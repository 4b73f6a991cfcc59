//! The callers of a text that was read, with their calls.
ghost use Rattle.std.specs.Prelude.{ℕ, ◌≡◌, ◌≤◌, [], IfErr, IfOk, Some, drop, find, length, map, option_map, slice_get, slice_index_or, take};
ghost use Rattle.std.specs.List.{list_all, list_any};
ghost use Rattle.lab_step_texts.specs.Calls as texts;
ghost use Rattle.lab_step_texts.specs.Calls.{attaches, is_of, own_calls, stage_in, unattached};
ghost use Rattle.lab_step_texts.specs.Crews as crews;
ghost use Rattle.lab_step_texts.specs.Crews.{IsCrewOf, IsKept, caller_of};
ghost use Rattle.lab_step_texts.specs.Extras.{own_ways};
ghost use Rattle.lab_step_orders.specs.declared.crews.CrewCaller.{CrewCaller};

use crate::calls::{CallerCall, CallsFault, calls_of};
use crate::extras::Extras;
use crate::faults::{StepFault, StepsFault};
use evl_base::{Call, MutexKind, Policy, Stage, ThreadId};
use evl_scenario::{Fault, Step};
use lab_callers_text::{Act, CallersStep, CallersText};
use lab_step_orders::{CoreUse, Crew, CrewCaller, StepWatch, WordCall};
use std::alloc::{AllocError, Global};

// Whether a mutex neither nests nor has a ceiling.
fn is_plain(kind: MutexKind) -> bool
    ensures { result ≡ crews.is_plain kind }
{
    match kind {
        MutexKind::Normal => true,
        MutexKind::Recursive | MutexKind::Ceiling(_) => false,
    }
}

// Whether all of these do.
fn are_plain(kinds: &[MutexKind]) -> bool
    ensures { result ≡ list_all crews.is_plain kinds.now }
{
    kinds.iter().all(|kind| is_plain(*kind))
}

// Whether a policy is neither of a quota group nor weak.
fn is_steady(policy: Policy) -> bool
    ensures { result ≡ texts.is_steady policy }
{
    match policy {
        Policy::Quota { .. } | Policy::Weak(_) => false,
        Policy::Fifo(_) | Policy::Rr { .. } => true,
    }
}

// The stage on which a step attaches its thread, if it does.
fn stage_set(act: &Act) -> Option<Stage>
    ensures { result ≡ texts.stage_set act.now }
{
    match act {
        Act::Call(Call::Attach { policy, stage }) => {
            if is_steady(*policy) {
                Some(*stage)
            } else {
                None
            }
        }
        _ => None,
    }
}

// Whether a step is of this thread.
fn is_any(steps: &[CallersStep], who: ThreadId) -> bool
    ensures { result ≡ list_any (is_of who.0) steps.now }
{
    steps.iter().any(|step| step.who.0 == who.0)
}

// Whether a step may be set up after these.
fn may_attach(threads: u16, before: &[CallersStep], step: &CallersStep) -> bool
    ensures { result ≡ texts.may_attach threads before.now step.now }
{
    step.who.0 < threads && stage_set(&step.act).is_some() && !is_any(before, step.who)
}

// The number of the first step that may not be set up, from 1.
fn unattached(threads: u16, setup: &[CallersStep]) -> Option<usize>
    ensures { result ≡ unattached threads 1 [] setup.now }
{
    for i in 0..setup.len() {
        if !may_attach(threads, &setup[..i], &setup[i]) {
            return Some(i + 1);
        }
    }
    None
}

// The first step of a thread.
fn first_of(setup: &[CallersStep], who: u16) -> Option<&CallersStep>
    ensures { option_map (λ step. step.now) result ≡ find (is_of who) setup.now }
{
    setup.iter().find(|step| step.who.0 == who)
}

// The stage of a thread after what is set up.
fn stage_in(setup: &[CallersStep], who: u16) -> Stage
    ensures { result ≡ stage_in who setup.now }
{
    match first_of(setup, who) {
        Some(step) => stage_set(&step.act).unwrap_or(Stage::Inband),
        None => Stage::Inband,
    }
}

// The calls of one caller.
fn own_calls(alloc: Global, calls: &[CallerCall], who: u16) -> Result<Vec<WordCall>, AllocError>
    ensures { IfOk result (λ own. own.items ≡ own_calls who calls.now) }
{
    let mut own = Vec::new(alloc);
    for made in calls {
        if made.who.0 == who {
            own.push(made.call)?;
        }
    }
    Ok(own)
}

// How the step with this number comes by the core.
fn way_at(ways: &[CoreUse], number: usize) -> CoreUse
    ensures { result ≡ slice_index_or ways.now number CoreUse.Whole }
{
    match ways.get(number) {
        Some(way) => *way,
        None => CoreUse::Whole,
    }
}

// How the calls of one caller come by the core.
fn own_ways(
    alloc: Global,
    ways: &[CoreUse],
    steps: &[CallersStep],
    who: u16,
) -> Result<Vec<CoreUse>, AllocError>
    ensures { IfOk result (λ own. own.items ≡ own_ways who ways.now 0 steps.now) }
{
    let mut own = Vec::new(alloc);
    for (number, step) in steps.iter().enumerate() {
        if step.who.0 == who {
            own.push(way_at(ways, number))?;
        }
    }
    Ok(own)
}

// A thread on its stage, with its calls.
fn caller_of(
    alloc: Global,
    setup: &[CallersStep],
    steps: &[CallersStep],
    ways: &[CoreUse],
    calls: &[CallerCall],
    who: u16,
) -> Result<CrewCaller, AllocError>
    ensures { IfOk result (caller_of setup.now steps.now ways.now calls.now who) }
{
    let stage = stage_in(setup, who);
    let calls = own_calls(alloc, calls, who)?;
    let uses = own_ways(alloc, ways, steps, who)?;
    Ok(CrewCaller { stage, calls, uses })
}

// So many threads.
fn callers_of(
    alloc: Global,
    threads: u16,
    setup: &[CallersStep],
    steps: &[CallersStep],
    ways: &[CoreUse],
    calls: &[CallerCall],
) -> Result<Vec<CrewCaller>, AllocError>
    ensures each { IfOk result (λ all. length all.items ≡ threads) }
    ensures callers { IfOk result (λ all. (k : ℕ) (caller : CrewCaller) → slice_get all.items k ≡ Some caller → caller_of setup.now steps.now ways.now calls.now k caller) }
{
    let mut all = Vec::new(alloc);
    for who in 0..threads {
        let caller = caller_of(alloc, setup, steps, ways, calls, who)?;
        all.push(caller)?;
    }
    Ok(all)
}

// A step as a call of the kernel; one that is no call of it as a question that changes nothing.
fn kernel_step(step: CallersStep) -> Step
    ensures { result ≡ texts.kernel_step step }
{
    let CallersStep { who, act } = step;
    match act {
        Act::Call(call) => Step { who, call },
        _ => Step {
            who,
            call: Call::Now,
        },
    }
}

// All steps as calls of the kernel, at their places.
fn steps_of(alloc: Global, steps: Vec<CallersStep>) -> Result<Vec<Step>, AllocError>
    ensures { IfOk result (λ all. all.items ≡ map texts.kernel_step steps.items) }
{
    let mut all = Vec::new(alloc);
    for step in steps {
        all.push(kernel_step(step))?;
    }
    Ok(all)
}

// The steps that attach threads.
fn setup_of(alloc: Global, steps: &[CallersStep]) -> Result<Vec<Step>, AllocError>
    ensures { IfOk result (λ all. all.items ≡ attaches steps.now) }
{
    let mut all = Vec::new(alloc);
    for step in steps {
        if let Act::Call(Call::Attach { policy, stage }) = &step.act {
            let call = Call::Attach {
                policy: *policy,
                stage: *stage,
            };
            all.push(Step {
                who: step.who,
                call,
            })?;
        }
    }
    Ok(all)
}

// The callers with these calls.
fn crew_with(
    alloc: Global,
    read: CallersText,
    count: usize,
    extras: &Extras,
    calls: &[CallerCall],
    watches: Vec<StepWatch>,
) -> Result<Crew, AllocError>
    requires { count ≤ length read.steps.items }
    ensures board { IfOk result (λ crew. crew.board ≡ read.board) }
    ensures limit { IfOk result (λ crew. crew.limit ≡ read.limit) }
    ensures setup { IfOk result (λ crew. crew.setup.items ≡ attaches (take count read.steps.items)) }
    ensures steps { IfOk result (λ crew. crew.steps.items ≡ map texts.kernel_step read.steps.items) }
    ensures each { IfOk result (λ crew. length crew.callers.items ≡ read.board.threads) }
    ensures callers { IfOk result (λ crew. (k : ℕ) (caller : CrewCaller) → slice_get crew.callers.items k ≡ Some caller → caller_of (take count read.steps.items) (drop count read.steps.items) extras.now.ways.items calls.now k caller) }
    ensures what_if { IfOk result (λ crew. crew.what_if ≡ extras.now.what_if) }
    ensures watches { IfOk result (λ crew. crew.watches.items ≡ watches.items) }
{
    let CallersText {
        board,
        limit,
        steps,
    } = read;
    let first = &steps.as_slice()[..count];
    let behind = &steps.as_slice()[count..];
    let ways = extras.ways.as_slice();
    let setup = setup_of(alloc, first)?;
    let callers = callers_of(alloc, board.threads, first, behind, ways, calls)?;
    let all = steps_of(alloc, steps)?;
    match Crew::new(board, limit, setup, all, callers, extras.what_if, watches) {
        Ok(crew) => Ok(crew),
        // No board that was read is out of its limits.
        Err(_) => Err(AllocError),
    }
}

/// The callers of a text that was read, of which so many steps are set up.
pub(crate) fn crew_of(
    alloc: Global,
    read: CallersText,
    count: usize,
    extras: &Extras,
    watches: Vec<StepWatch>,
) -> Result<Crew, StepsFault>
    requires { count ≤ length read.steps.items }
    ensures crew { IfOk result (IsCrewOf extras.now read count) }
    ensures kept { IfErr result (IsKept read count) }
    ensures watches { IfOk result (λ crew. crew.watches.items ≡ watches.items) }
{
    if !are_plain(read.board.mutexes.as_slice()) {
        return Err(StepsFault::Mutex);
    }
    let steps = read.steps.as_slice();
    if steps.len() > read.limit as usize {
        return Err(StepsFault::Limit);
    }
    if let Some(number) = unattached(read.board.threads, &steps[..count]) {
        return Err(StepsFault::Step(number, StepFault::Setup));
    }
    let calls = match calls_of(alloc, read.board.threads, count, steps) {
        Ok(calls) => calls,
        Err(CallsFault::Step(number, fault)) => return Err(StepsFault::Step(number, fault)),
        Err(CallsFault::Memory) => return Err(StepsFault::Text(Fault::Memory)),
    };
    match crew_with(alloc, read, count, extras, calls.as_slice(), watches) {
        Ok(crew) => Ok(crew),
        Err(_) => Err(StepsFault::Text(Fault::Memory)),
    }
}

※

[The task]
Repeat exactly the lines of the data from the first one through the line with "MutexKind::Recursive | MutexKind::Ceiling(_)", both of them included.

[Exercise response]
repository 4b73f6a991cfcc59
//! The callers of a text that was read, with their calls.
ghost use Rattle.std.specs.Prelude.{ℕ, ◌≡◌, ◌≤◌, [], IfErr, IfOk, Some, drop, find, length, map, option_map, slice_get, slice_index_or, take};
ghost use Rattle.std.specs.List.{list_all, list_any};
ghost use Rattle.lab_step_texts.specs.Calls as texts;
ghost use Rattle.lab_step_texts.specs.Calls.{attaches, is_of, own_calls, stage_in, unattached};
ghost use Rattle.lab_step_texts.specs.Crews as crews;
ghost use Rattle.lab_step_texts.specs.Crews.{IsCrewOf, IsKept, caller_of};
ghost use Rattle.lab_step_texts.specs.Extras.{own_ways};
ghost use Rattle.lab_step_orders.specs.declared.crews.CrewCaller.{CrewCaller};

use crate::calls::{CallerCall, CallsFault, calls_of};
use crate::extras::Extras;
use crate::faults::{StepFault, StepsFault};
use evl_base::{Call, MutexKind, Policy, Stage, ThreadId};
use evl_scenario::{Fault, Step};
use lab_callers_text::{Act, CallersStep, CallersText};
use lab_step_orders::{CoreUse, Crew, CrewCaller, StepWatch, WordCall};
use std::alloc::{AllocError, Global};

// Whether a mutex neither nests nor has a ceiling.
fn is_plain(kind: MutexKind) -> bool
    ensures { result ≡ crews.is_plain kind }
{
    match kind {
        MutexKind::Normal => true,
        MutexKind::Recursive | MutexKind::Ceiling(_) => false,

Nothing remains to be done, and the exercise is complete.